When you reach the line with "result ≤ 2 ^" in the data below, begin printing lines exactly, and stop once the line with "of their paths." has been printed.
*** Provided data ***
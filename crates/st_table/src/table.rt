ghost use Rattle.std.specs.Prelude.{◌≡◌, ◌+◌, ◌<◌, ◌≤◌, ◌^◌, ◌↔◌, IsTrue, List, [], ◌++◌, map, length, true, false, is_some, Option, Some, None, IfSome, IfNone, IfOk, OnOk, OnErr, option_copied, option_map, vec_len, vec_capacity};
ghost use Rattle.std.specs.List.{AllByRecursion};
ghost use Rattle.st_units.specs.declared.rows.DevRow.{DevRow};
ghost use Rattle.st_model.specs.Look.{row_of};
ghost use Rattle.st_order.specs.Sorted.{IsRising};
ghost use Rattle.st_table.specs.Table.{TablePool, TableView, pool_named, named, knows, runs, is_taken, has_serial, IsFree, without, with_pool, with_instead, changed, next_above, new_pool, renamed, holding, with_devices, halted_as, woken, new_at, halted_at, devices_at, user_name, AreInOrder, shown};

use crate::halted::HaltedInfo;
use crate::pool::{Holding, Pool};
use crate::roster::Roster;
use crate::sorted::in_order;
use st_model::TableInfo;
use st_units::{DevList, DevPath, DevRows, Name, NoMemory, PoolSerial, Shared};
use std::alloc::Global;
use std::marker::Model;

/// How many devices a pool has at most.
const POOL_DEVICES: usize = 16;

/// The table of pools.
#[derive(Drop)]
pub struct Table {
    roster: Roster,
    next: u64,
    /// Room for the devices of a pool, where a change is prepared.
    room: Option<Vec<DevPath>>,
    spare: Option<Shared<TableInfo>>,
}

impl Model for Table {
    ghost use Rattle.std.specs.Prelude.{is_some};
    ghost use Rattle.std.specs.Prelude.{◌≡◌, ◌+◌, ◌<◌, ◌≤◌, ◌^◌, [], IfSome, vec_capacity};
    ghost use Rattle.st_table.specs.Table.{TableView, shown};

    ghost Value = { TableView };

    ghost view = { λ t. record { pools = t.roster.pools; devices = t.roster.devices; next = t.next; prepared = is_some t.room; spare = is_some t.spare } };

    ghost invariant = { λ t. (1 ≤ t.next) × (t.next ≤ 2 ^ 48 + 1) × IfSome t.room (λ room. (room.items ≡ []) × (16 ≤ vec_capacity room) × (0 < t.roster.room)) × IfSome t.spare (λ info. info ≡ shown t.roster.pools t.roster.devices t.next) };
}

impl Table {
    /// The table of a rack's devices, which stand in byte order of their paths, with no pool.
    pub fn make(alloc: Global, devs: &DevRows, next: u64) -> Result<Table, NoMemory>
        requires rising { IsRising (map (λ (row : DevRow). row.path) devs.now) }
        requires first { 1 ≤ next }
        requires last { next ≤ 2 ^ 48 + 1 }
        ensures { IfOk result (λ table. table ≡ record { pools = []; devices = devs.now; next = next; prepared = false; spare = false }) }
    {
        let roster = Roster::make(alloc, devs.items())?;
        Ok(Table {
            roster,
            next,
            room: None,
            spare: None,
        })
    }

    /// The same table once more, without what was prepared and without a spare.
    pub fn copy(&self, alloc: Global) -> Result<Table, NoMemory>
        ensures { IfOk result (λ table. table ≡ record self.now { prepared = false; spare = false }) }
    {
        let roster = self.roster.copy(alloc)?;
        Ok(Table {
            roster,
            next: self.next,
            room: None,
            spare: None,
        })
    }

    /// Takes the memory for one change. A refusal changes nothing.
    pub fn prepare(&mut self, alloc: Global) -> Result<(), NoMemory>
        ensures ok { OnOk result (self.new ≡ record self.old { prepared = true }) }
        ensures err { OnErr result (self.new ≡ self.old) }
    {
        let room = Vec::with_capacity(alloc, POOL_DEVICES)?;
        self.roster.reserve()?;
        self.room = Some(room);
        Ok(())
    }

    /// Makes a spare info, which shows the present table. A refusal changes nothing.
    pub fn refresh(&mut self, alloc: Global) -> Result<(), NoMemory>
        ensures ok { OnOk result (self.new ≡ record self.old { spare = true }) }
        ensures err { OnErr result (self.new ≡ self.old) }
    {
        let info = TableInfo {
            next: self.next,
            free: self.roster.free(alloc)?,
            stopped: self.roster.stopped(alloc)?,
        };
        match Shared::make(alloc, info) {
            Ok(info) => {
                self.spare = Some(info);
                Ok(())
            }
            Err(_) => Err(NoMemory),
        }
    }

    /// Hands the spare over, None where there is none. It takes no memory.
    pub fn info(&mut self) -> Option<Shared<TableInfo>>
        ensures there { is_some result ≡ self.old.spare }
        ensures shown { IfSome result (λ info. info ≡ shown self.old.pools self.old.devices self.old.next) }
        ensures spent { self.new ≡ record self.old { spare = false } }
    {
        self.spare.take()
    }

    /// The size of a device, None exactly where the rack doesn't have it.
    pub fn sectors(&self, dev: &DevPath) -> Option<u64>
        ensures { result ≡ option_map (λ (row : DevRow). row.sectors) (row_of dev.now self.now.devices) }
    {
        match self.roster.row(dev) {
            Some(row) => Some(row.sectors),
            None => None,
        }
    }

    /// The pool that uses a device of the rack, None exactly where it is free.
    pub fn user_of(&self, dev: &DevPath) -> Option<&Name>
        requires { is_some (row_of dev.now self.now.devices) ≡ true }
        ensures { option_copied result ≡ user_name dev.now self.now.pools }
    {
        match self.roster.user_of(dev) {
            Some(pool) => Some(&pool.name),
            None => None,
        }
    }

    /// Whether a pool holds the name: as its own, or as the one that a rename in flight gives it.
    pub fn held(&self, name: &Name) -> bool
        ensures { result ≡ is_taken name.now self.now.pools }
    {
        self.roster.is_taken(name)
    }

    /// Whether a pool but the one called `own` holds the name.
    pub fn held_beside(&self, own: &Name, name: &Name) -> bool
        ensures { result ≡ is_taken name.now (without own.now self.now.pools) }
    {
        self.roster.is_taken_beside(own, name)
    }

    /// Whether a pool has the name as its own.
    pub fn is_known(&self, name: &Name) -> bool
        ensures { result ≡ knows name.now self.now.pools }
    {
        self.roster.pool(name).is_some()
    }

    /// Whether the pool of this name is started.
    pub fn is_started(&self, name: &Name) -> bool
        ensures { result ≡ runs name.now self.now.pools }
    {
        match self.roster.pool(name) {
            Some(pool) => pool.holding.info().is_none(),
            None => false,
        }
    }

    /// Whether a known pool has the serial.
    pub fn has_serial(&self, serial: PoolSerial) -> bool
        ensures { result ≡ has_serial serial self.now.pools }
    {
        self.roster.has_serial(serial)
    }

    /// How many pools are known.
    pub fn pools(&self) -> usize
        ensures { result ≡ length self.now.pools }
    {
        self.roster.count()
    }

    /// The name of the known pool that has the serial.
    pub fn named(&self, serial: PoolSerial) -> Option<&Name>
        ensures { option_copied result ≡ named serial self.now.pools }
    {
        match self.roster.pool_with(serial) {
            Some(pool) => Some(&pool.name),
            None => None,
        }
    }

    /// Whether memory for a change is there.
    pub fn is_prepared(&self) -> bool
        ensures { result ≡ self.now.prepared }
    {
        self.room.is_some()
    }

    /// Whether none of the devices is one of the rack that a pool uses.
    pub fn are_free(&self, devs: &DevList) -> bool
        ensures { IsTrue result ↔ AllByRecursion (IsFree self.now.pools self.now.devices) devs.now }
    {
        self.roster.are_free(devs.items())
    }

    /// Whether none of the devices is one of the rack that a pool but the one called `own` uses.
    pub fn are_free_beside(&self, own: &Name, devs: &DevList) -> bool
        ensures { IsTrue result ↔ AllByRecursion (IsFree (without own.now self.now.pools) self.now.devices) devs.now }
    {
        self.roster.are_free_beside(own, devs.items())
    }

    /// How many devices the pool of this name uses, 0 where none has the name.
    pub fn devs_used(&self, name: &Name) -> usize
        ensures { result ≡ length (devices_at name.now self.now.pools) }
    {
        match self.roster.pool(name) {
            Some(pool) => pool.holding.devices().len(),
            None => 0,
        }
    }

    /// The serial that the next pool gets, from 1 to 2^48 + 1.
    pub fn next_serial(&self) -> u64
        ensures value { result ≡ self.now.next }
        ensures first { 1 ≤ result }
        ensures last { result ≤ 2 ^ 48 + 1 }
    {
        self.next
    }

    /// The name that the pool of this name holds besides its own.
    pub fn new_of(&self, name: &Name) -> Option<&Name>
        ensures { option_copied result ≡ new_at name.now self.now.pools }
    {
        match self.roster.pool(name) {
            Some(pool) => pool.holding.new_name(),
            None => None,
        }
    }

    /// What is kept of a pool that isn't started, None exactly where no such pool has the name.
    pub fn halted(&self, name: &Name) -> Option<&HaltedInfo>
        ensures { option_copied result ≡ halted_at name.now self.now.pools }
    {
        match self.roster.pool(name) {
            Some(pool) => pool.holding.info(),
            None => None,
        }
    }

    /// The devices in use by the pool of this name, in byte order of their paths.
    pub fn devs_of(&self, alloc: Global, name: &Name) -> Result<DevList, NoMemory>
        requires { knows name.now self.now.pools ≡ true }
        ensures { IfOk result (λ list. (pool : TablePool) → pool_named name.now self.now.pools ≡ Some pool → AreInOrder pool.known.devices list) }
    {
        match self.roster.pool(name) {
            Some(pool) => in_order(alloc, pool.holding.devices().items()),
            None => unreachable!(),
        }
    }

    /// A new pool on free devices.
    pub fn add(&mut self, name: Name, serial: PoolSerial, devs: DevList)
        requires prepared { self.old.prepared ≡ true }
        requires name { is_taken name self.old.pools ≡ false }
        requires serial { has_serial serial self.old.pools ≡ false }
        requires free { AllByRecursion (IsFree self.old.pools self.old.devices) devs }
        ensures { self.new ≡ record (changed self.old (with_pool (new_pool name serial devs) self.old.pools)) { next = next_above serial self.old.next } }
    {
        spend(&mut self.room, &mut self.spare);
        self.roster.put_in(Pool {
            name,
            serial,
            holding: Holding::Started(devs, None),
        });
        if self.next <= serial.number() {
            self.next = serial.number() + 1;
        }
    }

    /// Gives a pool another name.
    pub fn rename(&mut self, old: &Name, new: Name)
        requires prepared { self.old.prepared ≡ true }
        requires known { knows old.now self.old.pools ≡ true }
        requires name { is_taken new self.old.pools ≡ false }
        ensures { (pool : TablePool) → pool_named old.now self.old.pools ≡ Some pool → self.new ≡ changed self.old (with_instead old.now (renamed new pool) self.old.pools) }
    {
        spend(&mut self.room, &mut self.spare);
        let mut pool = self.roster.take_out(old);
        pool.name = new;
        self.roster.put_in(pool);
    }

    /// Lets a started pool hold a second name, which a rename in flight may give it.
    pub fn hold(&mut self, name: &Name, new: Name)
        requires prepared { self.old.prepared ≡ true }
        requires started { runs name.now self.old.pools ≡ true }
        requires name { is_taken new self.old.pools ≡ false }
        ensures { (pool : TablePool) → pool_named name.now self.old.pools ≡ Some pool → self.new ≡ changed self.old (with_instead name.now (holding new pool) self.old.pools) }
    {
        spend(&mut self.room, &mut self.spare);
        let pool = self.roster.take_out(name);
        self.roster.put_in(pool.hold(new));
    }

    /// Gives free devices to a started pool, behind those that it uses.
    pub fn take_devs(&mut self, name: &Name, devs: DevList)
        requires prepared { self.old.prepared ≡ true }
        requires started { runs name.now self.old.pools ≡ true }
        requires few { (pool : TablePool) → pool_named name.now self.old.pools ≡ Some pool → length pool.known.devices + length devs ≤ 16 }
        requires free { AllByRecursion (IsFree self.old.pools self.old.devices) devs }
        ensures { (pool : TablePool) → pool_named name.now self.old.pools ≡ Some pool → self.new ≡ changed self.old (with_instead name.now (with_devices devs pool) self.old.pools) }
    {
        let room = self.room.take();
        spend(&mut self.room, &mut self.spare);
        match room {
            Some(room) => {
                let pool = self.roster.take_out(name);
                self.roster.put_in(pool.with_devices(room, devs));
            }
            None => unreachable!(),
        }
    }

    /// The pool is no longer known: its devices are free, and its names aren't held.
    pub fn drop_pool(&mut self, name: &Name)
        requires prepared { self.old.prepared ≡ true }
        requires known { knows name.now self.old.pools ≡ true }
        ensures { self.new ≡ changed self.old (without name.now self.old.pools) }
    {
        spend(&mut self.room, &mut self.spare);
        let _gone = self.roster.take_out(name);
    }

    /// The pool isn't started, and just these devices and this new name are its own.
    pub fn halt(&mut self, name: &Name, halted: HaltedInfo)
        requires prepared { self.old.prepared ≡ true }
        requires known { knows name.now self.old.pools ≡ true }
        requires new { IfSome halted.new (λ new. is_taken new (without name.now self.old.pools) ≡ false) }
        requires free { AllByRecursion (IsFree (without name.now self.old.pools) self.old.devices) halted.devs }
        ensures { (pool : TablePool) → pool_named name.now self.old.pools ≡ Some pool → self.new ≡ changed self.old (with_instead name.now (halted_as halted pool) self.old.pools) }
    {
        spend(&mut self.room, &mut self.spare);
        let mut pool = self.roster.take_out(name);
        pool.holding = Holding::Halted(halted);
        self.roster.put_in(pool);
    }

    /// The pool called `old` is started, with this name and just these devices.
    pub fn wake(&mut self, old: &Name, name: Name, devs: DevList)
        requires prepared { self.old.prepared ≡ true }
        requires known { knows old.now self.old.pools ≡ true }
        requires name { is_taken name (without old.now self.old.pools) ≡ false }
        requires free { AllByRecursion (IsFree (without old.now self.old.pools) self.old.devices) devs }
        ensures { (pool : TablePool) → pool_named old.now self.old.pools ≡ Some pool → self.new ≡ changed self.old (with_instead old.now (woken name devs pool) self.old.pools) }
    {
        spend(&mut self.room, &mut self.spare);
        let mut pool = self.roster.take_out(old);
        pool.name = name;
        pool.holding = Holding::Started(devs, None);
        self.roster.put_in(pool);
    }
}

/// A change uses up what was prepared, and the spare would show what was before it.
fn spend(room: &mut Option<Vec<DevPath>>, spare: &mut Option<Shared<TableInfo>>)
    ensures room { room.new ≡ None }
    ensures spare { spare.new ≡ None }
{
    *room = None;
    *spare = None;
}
*** End of Provided data ***
* **Response to this exercise**
        ensures last { result ≤ 2 ^ 48 + 1 }
    {
        self.next
    }

    /// The name that the pool of this name holds besides its own.
    pub fn new_of(&self, name: &Name) -> Option<&Name>
        ensures { option_copied result ≡ new_at name.now self.now.pools }
    {
        match self.roster.pool(name) {
            Some(pool) => pool.holding.new_name(),
            None => None,
        }
    }

    /// What is kept of a pool that isn't started, None exactly where no such pool has the name.
    pub fn halted(&self, name: &Name) -> Option<&HaltedInfo>
        ensures { option_copied result ≡ halted_at name.now self.now.pools }
    {
        match self.roster.pool(name) {
            Some(pool) => pool.holding.info(),
            None => None,
        }
    }

    /// The devices in use by the pool of this name, in byte order of their paths.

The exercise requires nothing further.